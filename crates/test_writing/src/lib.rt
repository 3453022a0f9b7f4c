// Prints what the writer makes of a batch, for the programs over corpora: its size, the file's sum with that of all the output
// after the call, that the file passes the full check, its summary, and that it reads back.
#![tactic(auto)]

use full_check::check;
use readout::read_out;
use refusal::Refusal;
use test_corpus::{
    check_line, each_entry, hex_bytes, line, number, pattern, refused, sum, sum_front, word,
};
use test_summary::summary_line;
use write_file::{needed, write};
use xxh3_whole::xxh3;

fn size(name: &[u8], batch: &[u8]) {
    line(name, b": needed");
    match needed(batch) {
        Ok(bytes) => {
            number(bytes);
        }
        Err(refusal) => {
            word(b" ");
            refused(refusal);
        }
    }
    word(b"\n");
}

// The bytes of the file, 0 where it was refused.
fn answered(name: &[u8], said: &[u8], r: Result<u64, Refusal>, out: &[u8]) -> u64 {
    match r {
        Ok(bytes) => {
            line(name, b": wrote");
            number(bytes);
            sum_front(b" sum ", out, bytes as usize);
            bytes
        }
        Err(refusal) => {
            line(name, said);
            refused(refusal);
            0
        }
    }
}

fn write_into(name: &[u8], said: &[u8], batch: &[u8], out: &mut [u8]) -> u64 {
    pattern(out);
    let r = write(batch, out);
    let bytes = answered(name, said, r, out);
    sum(b" all ", out);
    word(b"\n");
    bytes
}

// Once more, with room for one byte less.
fn short(name: &[u8], batch: &[u8], less: &mut [u8], bytes: usize) {
    if 0 < bytes && bytes <= less.len() {
        write_into(name, b": short ", batch, &mut less[..bytes - 1]);
    }
}

// The file of a small batch.
fn small(name: &[u8], file: &[u8]) {
    if file.len() <= 300 {
        line(name, b": bytes ");
        hex_bytes(file);
        word(b"\n");
    }
}

fn compared(batch: &[u8], out: &[u8], n: usize) {
    if n <= out.len() && batch == &out[..n] {
        word(b": reads back\n");
        return;
    }
    word(b": reads another batch\n");
}

fn back(name: &[u8], batch: &[u8], file: &[u8], out: &mut [u8]) {
    word(name);
    match read_out(file, out) {
        Ok(bytes) => {
            compared(batch, out, bytes as usize);
        }
        Err(refusal) => {
            word(b": read-out ");
            refused(refusal);
            word(b"\n");
        }
    }
}

fn more(name: &[u8], batch: &[u8], file: &[u8], whole: bool, less: &mut [u8]) {
    if whole {
        short(name, batch, less, file.len());
        small(name, file);
    }
}

// What a file is good for that was written.
fn held(name: &[u8], batch: &[u8], file: &[u8], whole: bool, less: &mut [u8]) {
    more(name, batch, file, whole, less);
    check_line(name, check(file));
    summary_line(name, file);
    back(name, batch, file, less);
}

fn all(name: &[u8], batch: &[u8], whole: bool, out: &mut [u8], less: &mut [u8]) {
    size(name, batch);
    let bytes = write_into(name, b": write ", batch, out) as usize;
    if 0 < bytes && bytes <= out.len() {
        held(name, batch, &out[..bytes], whole, less);
    }
}

// All batches on standard input, framed as files are: one byte and its name, four bytes and its bytes. The batch is read into
// the first space, written to the second and read back to the third. `whole` asks for the lines with too little room and of
// the bytes.
pub fn corpus(name: &mut [u8], space: &mut [u8], whole: bool, out: &mut [u8], less: &mut [u8]) {
    each_entry(
        name,
        space,
        |name, batch| all(name, batch, whole, out, less),
    );
}

// ---- large batches: the file is read back over the batch, and the sums are compared

fn over(read: &[u8], n: usize, batch: u64) {
    if n == read.len() && xxh3(read) == batch {
        word(b": reads back\n");
        return;
    }
    word(b": reads another batch\n");
}

// Reads the file back over its batch, whose sum is told.
fn back_over(name: &[u8], file: &[u8], space: &mut [u8], batch: u64) {
    word(name);
    match read_out(file, space) {
        Ok(bytes) => {
            over(space, bytes as usize, batch);
        }
        Err(refusal) => {
            word(b": read-out ");
            refused(refusal);
            word(b"\n");
        }
    }
}

fn held_over(name: &[u8], file: &[u8], space: &mut [u8], batch: u64) {
    check_line(name, check(file));
    summary_line(name, file);
    back_over(name, file, space, batch);
}

fn large(name: &[u8], space: &mut [u8], out: &mut [u8]) {
    let batch = xxh3(space);
    size(name, space);
    let bytes = write_into(name, b": write ", space, out) as usize;
    if 0 < bytes && bytes <= out.len() {
        held_over(name, &out[..bytes], space, batch);
    }
}

// The same with two spaces, for batches too large for three.
pub fn corpus_large(name: &mut [u8], space: &mut [u8], out: &mut [u8]) {
    each_entry(name, space, |name, batch| large(name, batch, out));
}
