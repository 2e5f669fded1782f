//! What the labels of a name feed a hasher, however they are kept.

ghost use Rattle.std.specs.Prelude.{◌≡◌};
ghost use Rattle.std.specs.List.{fold};
ghost use Rattle.names_labels.specs.Feed.{labels_feed};

use crate::traits::ToLabelIter;
use std::hash::{Hash, Hasher};

/// Feeds each label's length and lowered octets.
pub fn feed_labels<N: ToLabelIter, H: Hasher>(name: &N, state: &mut H)
    ensures { state.new ≡ fold H.write state.old (labels_feed (N.labels name.now)) }
{
    let mut labels = name.iter_labels();
    while let Some(label) = labels.next() {
        label.hash(state);
    }
}
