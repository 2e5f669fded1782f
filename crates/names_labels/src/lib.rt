//! Labels in a row: whether octets spell them, labels by place, orders, their text, and what they
//! feed a hasher. The types of names are built on these.
#![tactic(auto)]

pub mod check;
pub mod feed;
pub mod flat;
pub mod iter;
pub mod laws;
pub mod name_error;
pub mod order;
pub mod relative_error;
pub mod text;
pub mod traits;
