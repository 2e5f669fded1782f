//! What is printed by its name alone.
ghost use Rattle.std.specs.Prelude.{◌≡◌, ℕ, List};
ghost use Rattle.printed_outcomes.specs.Names.{action_name, zone_fault_name, answer_fault_name};
ghost use Rattle.printed_outcomes.specs.Names.{key_fault_name, refusal_name, replace_fault_name};
ghost use Rattle.printed_outcomes.specs.Names.{verdict_name, signing_error_name, key_error_name};

use answer_judge::verdict::{Refusal, Verdict};
use answer_publisher::fault::{AnswerFault, KeyFault, ReplaceFault, ZoneFault};
use denial_chain_owners::error::SigningError;
use keyset::Action;

/// Something that is printed by a name: of a fault within faults, the innermost.
pub trait Named {
    /// The octets of the name.
    ghost name_of: { Self → List ℕ };

    fn name(&self) -> &'static str
        ensures { result.now ≡ name_of self.now };
}

impl Named for Action {
    ghost name_of = { action_name };

    fn name(&self) -> &'static str {
        match self {
            Action::CreateCdsRrset => "CreateCdsRrset",
            Action::RemoveCdsRrset => "RemoveCdsRrset",
            Action::UpdateDnskeyRrset => "UpdateDnskeyRrset",
            Action::UpdateDsRrset => "UpdateDsRrset",
            Action::UpdateRrsig => "UpdateRrsig",
            Action::ReportDnskeyPropagated => "ReportDnskeyPropagated",
            Action::WaitDnskeyPropagated => "WaitDnskeyPropagated",
            Action::ReportDsPropagated => "ReportDsPropagated",
            Action::WaitDsPropagated => "WaitDsPropagated",
            Action::ReportRrsigPropagated => "ReportRrsigPropagated",
            Action::WaitRrsigPropagated => "WaitRrsigPropagated",
        }
    }
}

impl Named for SigningError {
    ghost name_of = { signing_error_name };

    fn name(&self) -> &'static str {
        match self {
            SigningError::NoSingleSoa => "NoSingleSoa",
            SigningError::MultipleTtlValues => "MultipleTtlValues",
            SigningError::HashFailed => "HashFailed",
            SigningError::HashTooLong => "HashTooLong",
            SigningError::HashCollision => "HashCollision",
            SigningError::Memory => "Memory",
        }
    }
}

impl Named for ZoneFault {
    ghost name_of = { zone_fault_name };

    fn name(&self) -> &'static str {
        match self {
            ZoneFault::WrongClass => "WrongClass",
            ZoneFault::OutsideApex => "OutsideApex",
            ZoneFault::SignedType => "SignedType",
            ZoneFault::Alias => "Alias",
            ZoneFault::MetaType => "MetaType",
            ZoneFault::StarNs => "StarNs",
            ZoneFault::IterationsOverLimit => "IterationsOverLimit",
            ZoneFault::Chain(error) => error.name(),
            ZoneFault::Memory => "Memory",
        }
    }
}

impl Named for ReplaceFault {
    ghost name_of = { replace_fault_name };

    fn name(&self) -> &'static str {
        match self {
            ReplaceFault::TooSoon => "TooSoon",
            ReplaceFault::Zone(fault) => fault.name(),
        }
    }
}

impl Named for AnswerFault {
    ghost name_of = { answer_fault_name };

    fn name(&self) -> &'static str {
        match self {
            AnswerFault::QuestionNotAllowed => "QuestionNotAllowed",
            AnswerFault::HashFailed => "HashFailed",
            AnswerFault::SignFailed => "SignFailed",
            AnswerFault::TooLong => "TooLong",
            AnswerFault::Memory => "Memory",
        }
    }
}

impl Named for keyset::Error {
    ghost name_of = { key_error_name };

    fn name(&self) -> &'static str {
        match self {
            keyset::Error::KeyExists => "KeyExists",
            keyset::Error::KeyNotFound => "KeyNotFound",
            keyset::Error::KeyNotOld => "KeyNotOld",
            keyset::Error::DuplicateKeyTag => "DuplicateKeyTag",
            keyset::Error::WrongKeyType => "WrongKeyType",
            keyset::Error::WrongKeyState => "WrongKeyState",
            keyset::Error::NoSuitableKeyPresent => "NoSuitableKeyPresent",
            keyset::Error::WrongStateForRollOperation => "WrongStateForRollOperation",
            keyset::Error::ConflictingRollInProgress => "ConflictingRollInProgress",
            keyset::Error::AlgorithmSetsMismatch => "AlgorithmSetsMismatch",
            keyset::Error::Wait(_) => "Wait",
            keyset::Error::UnknownRollType => "UnknownRollType",
            keyset::Error::MissingTimestamp => "MissingTimestamp",
            keyset::Error::Memory => "Memory",
        }
    }
}

impl Named for KeyFault {
    ghost name_of = { key_fault_name };

    fn name(&self) -> &'static str {
        match self {
            KeyFault::ReferenceBound => "ReferenceBound",
            KeyFault::DigestFailed => "DigestFailed",
            KeyFault::Key(error) => error.name(),
            KeyFault::Memory => "Memory",
        }
    }
}

impl Named for Refusal {
    ghost name_of = { refusal_name };

    fn name(&self) -> &'static str {
        match self {
            Refusal::QuestionNotAllowed => "QuestionNotAllowed",
            Refusal::BadDnskeyMessage => "BadDnskeyMessage",
            Refusal::BadAnswerMessage => "BadAnswerMessage",
            Refusal::QuestionMismatch => "QuestionMismatch",
            Refusal::EqualTags => "EqualTags",
            Refusal::NoTrustedKey => "NoTrustedKey",
            Refusal::MixedNsec3Parameters => "MixedNsec3Parameters",
            Refusal::IterationsOverLimit => "IterationsOverLimit",
            Refusal::HashFailed => "HashFailed",
            Refusal::NotProven => "NotProven",
            Refusal::Memory => "Memory",
            Refusal::MixedVersions => "MixedVersions",
        }
    }
}

impl Named for Verdict {
    ghost name_of = { verdict_name };

    fn name(&self) -> &'static str {
        match self {
            Verdict::Records(_) => "Records",
            Verdict::NoType => "NoType",
            Verdict::NoName => "NoName",
            Verdict::StarRecords(_) => "StarRecords",
            Verdict::StarNoType => "StarNoType",
            Verdict::Delegated => "Delegated",
            Verdict::Open => "Open",
            Verdict::Unsigned => "Unsigned",
        }
    }
}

What the exercise asks: Nothing but an exact copy of the lines from the first one above through the line holding "use refusal::Refusal;" should be returned.

Reply to the exercise:
filename crates/test_writing/src/lib.rt
repository 3453022a0f9b7f4c
// Prints what the writer makes of a batch, for the programs over corpora: its size, the file's sum with that of all the output
// after the call, that the file passes the full check, its summary, and that it reads back.
#![tactic(auto)]

use full_check::check;
use readout::read_out;
use refusal::Refusal;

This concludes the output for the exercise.